SUPPLIED MATERIAL START
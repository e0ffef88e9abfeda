//! What follows from the declarations of the module above.
//!
//! Written by tools/impls.py, and not edited by hand.

ghost use Rattle.std.specs.Prelude.{◌↔◌, ◌≡◌};
ghost use Rattle.weedle_base.specs.AlikeLaws.{equal_equivalence, seen_equivalence};
ghost use Rattle.weedle_base.specs.Own.{own};
ghost use Rattle.weedle_base.specs.OwnLaws.{own_lawful};
ghost use Rattle.weedle_grammar.specs.written.Table.OtherMembers.{
  ATTRIBUTE_MIXIN_MEMBER,
  MIXIN_MEMBER,
  OPERATION_MIXIN_MEMBER,
};
ghost use Rattle.weedle_mixins.specs.written.Trees.{
  attribute_mixin_member_tree,
  mixin_member_tree,
  operation_mixin_member_tree,
};

use super::{AttributeMixinMember, MixinMember, OperationMixinMember};
use std::alloc::{AllocError, Global};
use weedle_base::Choice::{self, First, Second};
use weedle_base::term::{Attribute, ReadOnly, SemiColon, Stringifier};
use weedle_base::{IResult, Parse, TryClone};
use weedle_members::{ConstMember, StringifierMember};
use weedle_parts::common::Identifier;
use weedle_types::argument::ParenthesizedArgumentList;
use weedle_types::attribute::ExtendedAttributeList;
use weedle_types::copies::copy_attributes;
use weedle_types::fields::{attributes_and_five, attributes_and_six};
use weedle_types::types::{AttributedType, ReturnType};

#[tactic(auto, using(crate::proofs::written::MixinRules::operation_mixin_member_steps))]
impl<'a> Parse<'a> for OperationMixinMember<'a> {
    ghost reading = { own OPERATION_MIXIN_MEMBER operation_mixin_member_tree (Unit {0}) };

    fn parse(alloc: Global, input: &'a str) -> IResult<&'a str, Self> {
        match attributes_and_five(alloc, input) {
            Ok((rest, (attributes, stringifier, return_type, identifier, args, semi_colon))) => Ok(
                (
                    rest,
                    OperationMixinMember {
                        attributes,
                        stringifier,
                        return_type,
                        identifier,
                        args,
                        semi_colon,
                    },
                ),
            ),
            Err(error) => Err(error),
        }
    }

    ghost lawful = { own_lawful OPERATION_MIXIN_MEMBER operation_mixin_member_tree (Unit {0}) };
}

impl TryClone for OperationMixinMember<'_> {
    ghost alike = { λ a b. operation_mixin_member_tree a ≡ operation_mixin_member_tree b };

    fn try_clone(&self, alloc: Global) -> Result<Self, AllocError> {
        Ok(OperationMixinMember {
            attributes: copy_attributes(&self.attributes, alloc)?,
            stringifier: self.stringifier,
            return_type: self.return_type.try_clone(alloc)?,
            identifier: self.identifier,
            args: self.args.try_clone(alloc)?,
            semi_colon: self.semi_colon,
        })
    }

    ghost equivalence = { seen_equivalence operation_mixin_member_tree equal_equivalence };
}

impl<'a> OperationMixinMember<'a> {
    /// Its fields, in order: `attributes`, `stringifier`, `return_type`, `identifier`, `args` and
    /// `semi_colon`.
    pub fn into_fields(
        self,
    ) -> (
        Option<ExtendedAttributeList<'a>>,
        Option<Stringifier>,
        ReturnType<'a>,
        Option<Identifier<'a>>,
        ParenthesizedArgumentList<'a>,
        SemiColon,
    )
        ensures { result ≡ (
          self.entry.attributes,
          self.entry.stringifier,
          self.entry.return_type,
          self.entry.identifier,
          self.entry.args,
          self.entry.semi_colon,
        ) }
    {
        let OperationMixinMember {
            attributes,
            stringifier,
            return_type,
            identifier,
            args,
            semi_colon,
        } = self;
        (
            attributes,
            stringifier,
            return_type,
            identifier,
            args,
            semi_colon,
        )
    }
}

#[tactic(auto, using(crate::proofs::written::MixinRules::attribute_mixin_member_steps))]
impl<'a> Parse<'a> for AttributeMixinMember<'a> {
    ghost reading = { own ATTRIBUTE_MIXIN_MEMBER attribute_mixin_member_tree (Unit {0}) };

    fn parse(alloc: Global, input: &'a str) -> IResult<&'a str, Self> {
        match attributes_and_six(alloc, input) {
            Ok(
                (
                    rest,
                    (attributes, stringifier, readonly, attribute, type_, identifier, semi_colon),
                ),
            ) => Ok((
                rest,
                AttributeMixinMember {
                    attributes,
                    stringifier,
                    readonly,
                    attribute,
                    type_,
                    identifier,
                    semi_colon,
                },
            )),
            Err(error) => Err(error),
        }
    }

    ghost lawful = { own_lawful ATTRIBUTE_MIXIN_MEMBER attribute_mixin_member_tree (Unit {0}) };
}

impl TryClone for AttributeMixinMember<'_> {
    ghost alike = { λ a b. attribute_mixin_member_tree a ≡ attribute_mixin_member_tree b };

    fn try_clone(&self, alloc: Global) -> Result<Self, AllocError> {
        Ok(AttributeMixinMember {
            attributes: copy_attributes(&self.attributes, alloc)?,
            stringifier: self.stringifier,
            readonly: self.readonly,
            attribute: self.attribute,
            type_: self.type_.try_clone(alloc)?,
            identifier: self.identifier,
            semi_colon: self.semi_colon,
        })
    }

    ghost equivalence = { seen_equivalence attribute_mixin_member_tree equal_equivalence };
}

impl<'a> AttributeMixinMember<'a> {
    /// Its fields, in order: `attributes`, `stringifier`, `readonly`, `attribute`, `type_`,
    /// `identifier` and `semi_colon`.
    pub fn into_fields(
        self,
    ) -> (
        Option<ExtendedAttributeList<'a>>,
        Option<Stringifier>,
        Option<ReadOnly>,
        Attribute,
        AttributedType<'a>,
        Identifier<'a>,
        SemiColon,
    )
        ensures { result ≡ (
          self.entry.attributes,
          self.entry.stringifier,
          self.entry.readonly,
          self.entry.attribute,
          self.entry.type_,
          self.entry.identifier,
          self.entry.semi_colon,
        ) }
    {
        let AttributeMixinMember {
            attributes,
            stringifier,
            readonly,
            attribute,
            type_,
            identifier,
            semi_colon,
        } = self;
        (
            attributes,
            stringifier,
            readonly,
            attribute,
            type_,
            identifier,
            semi_colon,
        )
    }
}

#[tactic(auto, using(crate::proofs::written::MixinRules::mixin_member_steps))]
impl<'a> Parse<'a> for MixinMember<'a> {
    ghost reading = { own MIXIN_MEMBER mixin_member_tree (Unit {0}) };

    fn parse(alloc: Global, input: &'a str) -> IResult<&'a str, Self> {
        let (rest, read) = Choice::parse(alloc, input)?;
        let member = match read {
            First(member) => MixinMember::Const(member),
            Second(First(member)) => MixinMember::Operation(member),
            Second(Second(First(member))) => MixinMember::Attribute(member),
            Second(Second(Second(member))) => MixinMember::Stringifier(member),
        };
        Ok((rest, member))
    }

    ghost lawful = { own_lawful MIXIN_MEMBER mixin_member_tree (Unit {0}) };
}

impl TryClone for MixinMember<'_> {
    ghost alike = { λ a b. mixin_member_tree a ≡ mixin_member_tree b };

    fn try_clone(&self, alloc: Global) -> Result<Self, AllocError> {
        match self {
            MixinMember::Const(member) => Ok(MixinMember::Const(member.try_clone(alloc)?)),
            MixinMember::Operation(member) => Ok(MixinMember::Operation(member.try_clone(alloc)?)),
            MixinMember::Attribute(member) => Ok(MixinMember::Attribute(member.try_clone(alloc)?)),
            MixinMember::Stringifier(member) => Ok(MixinMember::Stringifier(member.try_clone(
                alloc,
            )?)),
        }
    }

    ghost equivalence = { seen_equivalence mixin_member_tree equal_equivalence };
}

impl<'a> From<ConstMember<'a>> for MixinMember<'a> {
    ghost use Rattle.weedle_mixins.specs.declared.mixin.MixinMember.TheVariants.{Const};

    ghost from_gives = { λ value made. made ≡ Const value };

    fn from(value: ConstMember<'a>) -> Self {
        MixinMember::Const(value)
    }
}

impl<'a> From<OperationMixinMember<'a>> for MixinMember<'a> {
    ghost use Rattle.weedle_mixins.specs.declared.mixin.MixinMember.TheVariants.{Operation};

    ghost from_gives = { λ value made. made ≡ Operation value };

    fn from(value: OperationMixinMember<'a>) -> Self {
        MixinMember::Operation(value)
    }
}

impl<'a> From<AttributeMixinMember<'a>> for MixinMember<'a> {
    ghost use Rattle.weedle_mixins.specs.declared.mixin.MixinMember.TheVariants.{Attribute};

    ghost from_gives = { λ value made. made ≡ Attribute value };

    fn from(value: AttributeMixinMember<'a>) -> Self {
        MixinMember::Attribute(value)
    }
}

impl<'a> From<StringifierMember<'a>> for MixinMember<'a> {
    ghost use Rattle.weedle_mixins.specs.declared.mixin.MixinMember.TheVariants.{Stringifier};

    ghost from_gives = { λ value made. made ≡ Stringifier value };

    fn from(value: StringifierMember<'a>) -> Self {
        MixinMember::Stringifier(value)
    }
}

impl<'a> MixinMember<'a> {
    /// What it holds where it is `MixinMember::Const`, and else None.
    pub fn into_const(self) -> Option<ConstMember<'a>>
        ensures { (held : ConstMember)
            → result ≡ Some held ↔ self.entry ≡ MixinMember.Const held }
    {
        match self {
            MixinMember::Const(held) => Some(held),
            _ => None,
        }
    }

    /// What it holds where it is `MixinMember::Operation`, and else None.
    pub fn into_operation(self) -> Option<OperationMixinMember<'a>>
        ensures { (held : OperationMixinMember)
            → result ≡ Some held ↔ self.entry ≡ MixinMember.Operation held }
    {
        match self {
            MixinMember::Operation(held) => Some(held),
            _ => None,
        }
    }

    /// What it holds where it is `MixinMember::Attribute`, and else None.
    pub fn into_attribute(self) -> Option<AttributeMixinMember<'a>>
        ensures { (held : AttributeMixinMember)
            → result ≡ Some held ↔ self.entry ≡ MixinMember.Attribute held }
    {
        match self {
            MixinMember::Attribute(held) => Some(held),
            _ => None,
        }
    }

    /// What it holds where it is `MixinMember::Stringifier`, and else None.
    pub fn into_stringifier(self) -> Option<StringifierMember<'a>>
        ensures { (held : StringifierMember)
            → result ≡ Some held ↔ self.entry ≡ MixinMember.Stringifier held }
    {
        match self {
            MixinMember::Stringifier(held) => Some(held),
            _ => None,
        }
    }
}
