//! The members that interfaces have: constants, attributes, operations, constructors and
//! stringifiers.
//!
//! Each struct reads its fields in order, with whitespace and comments between them. Where one of
//! them isn't there it is a mismatch. Memory is taken for extended attributes, types, arguments and
//! docstrings; where it is refused that is a failure, and no other alternative is tried.
//!
//! ```rust
//! use weedle_base::Parse;
//! use weedle_members::AttributeInterfaceMember;
//!
//! let text = "readonly attribute Storage sessionStorage; void f();";
//! let (rest, member) = AttributeInterfaceMember::parse(rt.alloc(), text).expect(rt, "member");
//! assert!(rt; rest == "void f();" && member.identifier.0 == "sessionStorage");
//! ```
#![tactic(auto)]

mod attribute;
mod constant;
mod operation;
mod stringifier;

pub use attribute::AttributeInterfaceMember;
pub use constant::ConstMember;
pub use operation::{ConstructorInterfaceMember, OperationInterfaceMember};
pub use stringifier::StringifierMember;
SUPPLIED MATERIAL END
WORK REQUEST —
Write out word for word only the lines from the start of the entries down to the line with "own OPERATION_MIXIN_MEMBER operation_mixin_member_tree", please, including both ends.

TASK OUTPUT —
repository e0ffef88e9abfeda
//! What follows from the declarations of the module above.
//!
//! Written by tools/impls.py, and not edited by hand.

ghost use Rattle.std.specs.Prelude.{◌↔◌, ◌≡◌};
ghost use Rattle.weedle_base.specs.AlikeLaws.{equal_equivalence, seen_equivalence};
ghost use Rattle.weedle_base.specs.Own.{own};
ghost use Rattle.weedle_base.specs.OwnLaws.{own_lawful};
ghost use Rattle.weedle_grammar.specs.written.Table.OtherMembers.{
  ATTRIBUTE_MIXIN_MEMBER,
  MIXIN_MEMBER,
  OPERATION_MIXIN_MEMBER,
};
ghost use Rattle.weedle_mixins.specs.written.Trees.{
  attribute_mixin_member_tree,
  mixin_member_tree,
  operation_mixin_member_tree,
};

use super::{AttributeMixinMember, MixinMember, OperationMixinMember};
use std::alloc::{AllocError, Global};
use weedle_base::Choice::{self, First, Second};
use weedle_base::term::{Attribute, ReadOnly, SemiColon, Stringifier};
use weedle_base::{IResult, Parse, TryClone};
use weedle_members::{ConstMember, StringifierMember};
use weedle_parts::common::Identifier;
use weedle_types::argument::ParenthesizedArgumentList;
use weedle_types::attribute::ExtendedAttributeList;
use weedle_types::copies::copy_attributes;
use weedle_types::fields::{attributes_and_five, attributes_and_six};
use weedle_types::types::{AttributedType, ReturnType};

#[tactic(auto, using(crate::proofs::written::MixinRules::operation_mixin_member_steps))]
impl<'a> Parse<'a> for OperationMixinMember<'a> {
    ghost reading = { own OPERATION_MIXIN_MEMBER operation_mixin_member_tree (Unit {0}) };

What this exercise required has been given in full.